# Omnistor awning repair



## Waleem (Nov 1, 2006)

Hi All
Our Omnistor awning has a couple of slight splits and a 3" tear in the fabric. I bought an Omnistor repair kit which arrived today-matching fabrics and PVC glue. Unfortunately, no instructions were included. Should I patch from top surface, bottom surface or both sides?

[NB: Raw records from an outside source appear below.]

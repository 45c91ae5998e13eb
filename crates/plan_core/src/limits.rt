// How much a plan may hold. The limits are ours.

/// The most messages of a plan.
pub const MOST_MESSAGES: u32 = 256;

/// The most controllers of a plan.
pub const MOST_CONTROLLERS: u32 = 32;

/// The most interrupts of a plan.
pub const MOST_INTERRUPTS: u32 = 32;

/// The most sendings of all controllers of a plan together.
pub const MOST_SENDINGS: u32 = 512;

/// The most participants of a plan: its sendings and its interrupts.
pub const MOST_PARTICIPANTS: u32 = 544;

/// The most bytes on one path of a message: headers, data bytes and bytes that are read.
pub const MOST_BYTES: u32 = 256;

/// The most nodes of a message: headers and data bytes that the plan writes down.
pub const MOST_NODES: u32 = 4096;

/// How many addresses there are: seven bits (UM10204, 3.1.10).
pub const ADDRESSES: u32 = 128;
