//! Plans: who may send what, and the model of the bus that says what may come of it.
#![tactic(auto)]

pub mod builder;
mod labels;
pub mod laws;
pub mod limits;
pub mod names;
pub mod pair_laws;
mod pairs;
pub mod plans;
mod sender_places;
pub mod senders;

pub use builder::{BuildError, Builder};
pub use labels::labels_differ;
pub use names::{Name, NameError};
pub use plans::{Participant, Plan};
pub use senders::Sends;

Has anyone done this before?
Thanks in advance!


----------



## 96299 (Sep 15, 2005)

Never done it before but,I would imagine it`d be both sides to stop any fraying from either side if only one side was done.

steve


----------



## Waleem (Nov 1, 2006)

Thanks Steve-that was my initial thought too, but then I realised that it would mean rolling in a section that is three times the thickness of the original-I just dont want to risk any further problems.


----------



## 94969 (May 1, 2005)

Waleen, before doing the repair, get a small hole punch and punch a hole at both ends of the split, it will stop the split expanding.

Roy.


----------



## Waleem (Nov 1, 2006)

Good tip Roy-thanks.


----------



## 94969 (May 1, 2005)

The above tip also works when repairing fibreglass drill a small hole at the ends of the crack and it will stop the split creeping.

Roy.


----------



## Waleem (Nov 1, 2006)

I emailed Omnistor in Holland for advice. They say that the awning should be patched from outside only and the glue takes an hour to dry. Just got to do it now !


----------